# Exercise data:
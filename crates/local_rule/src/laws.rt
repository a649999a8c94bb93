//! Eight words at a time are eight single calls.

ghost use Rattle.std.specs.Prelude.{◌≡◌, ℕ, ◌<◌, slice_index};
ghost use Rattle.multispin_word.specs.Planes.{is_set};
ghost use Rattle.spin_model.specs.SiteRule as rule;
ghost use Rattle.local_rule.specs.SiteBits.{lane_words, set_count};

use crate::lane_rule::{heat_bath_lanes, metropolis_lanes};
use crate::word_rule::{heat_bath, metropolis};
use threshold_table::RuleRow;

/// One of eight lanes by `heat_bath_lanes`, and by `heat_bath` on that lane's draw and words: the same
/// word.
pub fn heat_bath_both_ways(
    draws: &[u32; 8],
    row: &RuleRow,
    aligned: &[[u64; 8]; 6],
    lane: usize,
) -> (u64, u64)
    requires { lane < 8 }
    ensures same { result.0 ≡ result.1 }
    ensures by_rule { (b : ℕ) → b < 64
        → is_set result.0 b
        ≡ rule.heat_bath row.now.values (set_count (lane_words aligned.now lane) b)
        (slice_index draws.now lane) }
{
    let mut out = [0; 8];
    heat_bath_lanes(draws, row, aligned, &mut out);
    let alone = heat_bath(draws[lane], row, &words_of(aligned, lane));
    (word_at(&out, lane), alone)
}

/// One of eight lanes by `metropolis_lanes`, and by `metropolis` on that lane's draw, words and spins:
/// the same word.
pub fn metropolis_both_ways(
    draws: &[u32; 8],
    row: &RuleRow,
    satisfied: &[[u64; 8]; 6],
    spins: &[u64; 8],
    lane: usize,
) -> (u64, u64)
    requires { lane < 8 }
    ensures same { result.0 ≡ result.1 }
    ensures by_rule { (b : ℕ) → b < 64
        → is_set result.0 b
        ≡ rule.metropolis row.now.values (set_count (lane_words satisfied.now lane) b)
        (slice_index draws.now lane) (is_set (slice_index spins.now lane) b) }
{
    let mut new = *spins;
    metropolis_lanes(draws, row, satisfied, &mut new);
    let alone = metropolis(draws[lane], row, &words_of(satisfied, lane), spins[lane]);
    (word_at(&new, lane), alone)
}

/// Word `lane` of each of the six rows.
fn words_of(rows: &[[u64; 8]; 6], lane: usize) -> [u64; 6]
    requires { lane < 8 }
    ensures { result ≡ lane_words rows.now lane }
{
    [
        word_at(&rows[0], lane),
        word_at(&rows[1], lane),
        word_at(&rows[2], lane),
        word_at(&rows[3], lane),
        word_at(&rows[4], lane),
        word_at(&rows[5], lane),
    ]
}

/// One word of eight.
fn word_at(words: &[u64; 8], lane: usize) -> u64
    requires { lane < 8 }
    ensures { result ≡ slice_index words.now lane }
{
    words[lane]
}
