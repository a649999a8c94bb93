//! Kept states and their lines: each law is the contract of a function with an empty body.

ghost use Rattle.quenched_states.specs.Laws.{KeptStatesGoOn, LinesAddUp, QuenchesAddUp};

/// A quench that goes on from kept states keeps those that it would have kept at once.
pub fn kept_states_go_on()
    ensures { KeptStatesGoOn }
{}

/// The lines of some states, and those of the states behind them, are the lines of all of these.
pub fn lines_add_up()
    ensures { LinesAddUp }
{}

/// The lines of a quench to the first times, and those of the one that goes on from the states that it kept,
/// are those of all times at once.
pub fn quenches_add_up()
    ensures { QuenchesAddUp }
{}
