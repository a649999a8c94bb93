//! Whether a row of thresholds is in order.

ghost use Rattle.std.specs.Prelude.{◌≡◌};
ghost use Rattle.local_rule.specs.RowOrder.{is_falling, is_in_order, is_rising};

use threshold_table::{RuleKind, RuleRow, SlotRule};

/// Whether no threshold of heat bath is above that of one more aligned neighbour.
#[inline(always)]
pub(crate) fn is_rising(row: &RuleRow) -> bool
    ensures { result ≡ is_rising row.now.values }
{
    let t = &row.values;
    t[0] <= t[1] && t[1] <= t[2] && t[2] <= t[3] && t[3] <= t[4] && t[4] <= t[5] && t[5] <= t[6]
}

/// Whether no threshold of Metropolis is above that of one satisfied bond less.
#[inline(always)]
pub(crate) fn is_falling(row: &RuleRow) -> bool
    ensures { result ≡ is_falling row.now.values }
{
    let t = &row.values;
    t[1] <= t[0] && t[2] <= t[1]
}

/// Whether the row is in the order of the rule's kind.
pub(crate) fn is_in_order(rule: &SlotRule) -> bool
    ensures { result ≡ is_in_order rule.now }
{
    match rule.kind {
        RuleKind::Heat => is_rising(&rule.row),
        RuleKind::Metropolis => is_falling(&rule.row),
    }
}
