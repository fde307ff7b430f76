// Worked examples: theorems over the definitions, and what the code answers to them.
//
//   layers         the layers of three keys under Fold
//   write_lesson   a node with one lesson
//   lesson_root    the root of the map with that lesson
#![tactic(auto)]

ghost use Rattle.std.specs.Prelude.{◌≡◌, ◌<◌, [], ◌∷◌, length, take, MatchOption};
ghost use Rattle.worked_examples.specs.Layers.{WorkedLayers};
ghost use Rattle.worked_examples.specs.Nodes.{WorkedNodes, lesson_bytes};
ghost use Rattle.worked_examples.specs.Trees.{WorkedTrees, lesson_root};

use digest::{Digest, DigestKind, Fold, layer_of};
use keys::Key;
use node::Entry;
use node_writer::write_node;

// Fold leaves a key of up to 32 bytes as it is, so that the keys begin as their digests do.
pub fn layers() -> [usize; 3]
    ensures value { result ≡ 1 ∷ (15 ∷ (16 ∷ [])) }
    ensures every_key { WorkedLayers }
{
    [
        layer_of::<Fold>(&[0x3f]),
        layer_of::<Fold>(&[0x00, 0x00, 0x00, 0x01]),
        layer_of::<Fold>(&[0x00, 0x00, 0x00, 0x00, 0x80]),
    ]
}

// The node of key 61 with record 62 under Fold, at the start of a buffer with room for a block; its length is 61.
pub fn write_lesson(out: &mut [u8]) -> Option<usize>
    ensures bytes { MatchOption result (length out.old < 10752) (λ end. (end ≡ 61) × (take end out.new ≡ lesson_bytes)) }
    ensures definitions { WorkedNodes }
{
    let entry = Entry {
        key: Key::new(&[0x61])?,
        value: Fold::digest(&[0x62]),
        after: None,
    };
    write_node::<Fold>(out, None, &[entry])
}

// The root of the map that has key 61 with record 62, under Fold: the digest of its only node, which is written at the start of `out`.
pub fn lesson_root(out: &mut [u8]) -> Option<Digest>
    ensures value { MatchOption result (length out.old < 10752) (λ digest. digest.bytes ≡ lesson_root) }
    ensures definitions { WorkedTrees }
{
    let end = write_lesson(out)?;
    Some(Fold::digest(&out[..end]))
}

# Problem statement:
The expected answer is a copy of each line in the listing above that contains "length".

# Worked solution:
ghost use Rattle.std.specs.Prelude.{◌≡◌, ◌<◌, [], ◌∷◌, length, take, MatchOption};
// The node of key 61 with record 62 under Fold, at the start of a buffer with room for a block; its length is 61.
    ensures bytes { MatchOption result (length out.old < 10752) (λ end. (end ≡ 61) × (take end out.new ≡ lesson_bytes)) }
    ensures value { MatchOption result (length out.old < 10752) (λ digest. digest.bytes ≡ lesson_root) }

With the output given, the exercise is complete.